The fluoroethane compound obtained in Production Method 1 according to the present disclosure may be 1, 1-difluoroethane (HFC-152a). That is, the fluoroethane compound obtained in Production Method 1 according to the present disclosure may comprise HFC-152a as the main product. When HFC-152a is the main product, the chlorofluoroethane compound as a starting material is 1-chloro-1, 1, 2-trifluoroethane (HCFC-133b).

The product obtained in Production Method 1 according to the present disclosure may comprise by-products, unreacted starting materials, and the like. The content of the by-products in the product obtained in Production Method 1 according to the present disclosure can be, for example, 40 mol % or less, more preferably 30 mol % or less, and even more preferably 20 mol % or less, based on the total amount of the product.

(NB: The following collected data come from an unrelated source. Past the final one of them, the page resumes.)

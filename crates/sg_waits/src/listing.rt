use sg_state::Need;

/// A unit that waits for a need. Listings are ordered by need, then unit.
#[derive(Clone, Copy, Debug, PartialEq, Eq, PartialOrd, Ord)]
pub struct Listing {
    pub need: Need,
    pub unit: u32,
}
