ghost use Rattle.std.specs.Prelude.{◌≡◌, ◌<◌, length, IfOk};
ghost use Rattle.sg_base.specs.List.{IsRising};
ghost use Rattle.sg_state.specs.Need.{need_cmp};
ghost use Rattle.sg_waits.specs.Waits.{IsRisingOf};

use sg_state::Need;
use std::alloc::{AllocError, Global};
use std::marker::Model;

/// What a waiting unit needs, at least one thing, which contracts see as a rising list.
#[derive(Drop)]
pub struct NeedList {
    needs: Vec<Need>,
}

impl Model for NeedList {
    ghost use Rattle.std.specs.Prelude.{List, ◌<◌, length};
    ghost use Rattle.sg_base.specs.List.{IsRising};
    ghost use Rattle.sg_state.specs.declared.need.Need.{Need};
    ghost use Rattle.sg_state.specs.Need.{need_cmp};

    ghost Value = { List Need };

    ghost view = { λ l. l.needs.items };

    ghost invariant = { λ l. IsRising need_cmp l.needs.items × (0 < length l.needs.items) };
}

impl NeedList {
    /// These needs in rising order, each once. Costs one sort.
    pub fn of(alloc: Global, needs: &[Need]) -> Result<NeedList, AllocError>
        requires some { 0 < length needs.now }
        ensures { IfOk result (λ l. IsRisingOf needs.now l) }
    {
        let mut list = needs.to_vec(alloc)?;
        list.sort_unstable();
        list.dedup();
        Ok(NeedList { needs: list })
    }

    /// The needs in rising order.
    pub fn as_slice(&self) -> &[Need]
        ensures all { result.now ≡ self.now }
        ensures rising { IsRising need_cmp self.now }
        ensures some { 0 < length self.now }
    {
        self.needs.as_slice()
    }
}
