//! The table of waiting units: which units are live, and what those that wait need.
//!
//! A unit waits for rows that are open or data that are unset. Where some of these go, the units that wait for one of
//! them are told by a look-up, and no other unit is looked at. Where each live unit waits, the table shows who waits for
//! whom (Van Antwerpen and Visser, "Scope States", ECOOP 2021). No graph and no query is known here.
#![tactic(auto)]

mod blocks;
mod holders;
mod listing;
mod listings;
mod need_list;
mod shown;
mod status;
mod units;
mod waits;
mod woken;

pub use shown::{Shown, ShownItem, ShownItems};
pub use waits::Waits;
pub use woken::Woken;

The type of the by-products is not limited. For example, the by-products may comprise at least one compound selected from the group consisting of chlorotrifluoroethylene and trifluoroethylene. That is, the product obtained in step A can comprise at least one compound selected from the group consisting of chlorotrifluoroethylene and trifluoroethylene as a by-product.

For example, when CFC-113 is used as the chlorofluoroethane compound, i.e., the starting material, the main product will be HFC-143, and at least one compound selected from the group consisting of chlorotrifluoroethylene and trifluoroethylene will likely be formed as a by-product. Chlorotrifluoroethylene and trifluoroethylene are intermediates, for example, in a reduction reaction for obtaining HFC-143 from CFC-113.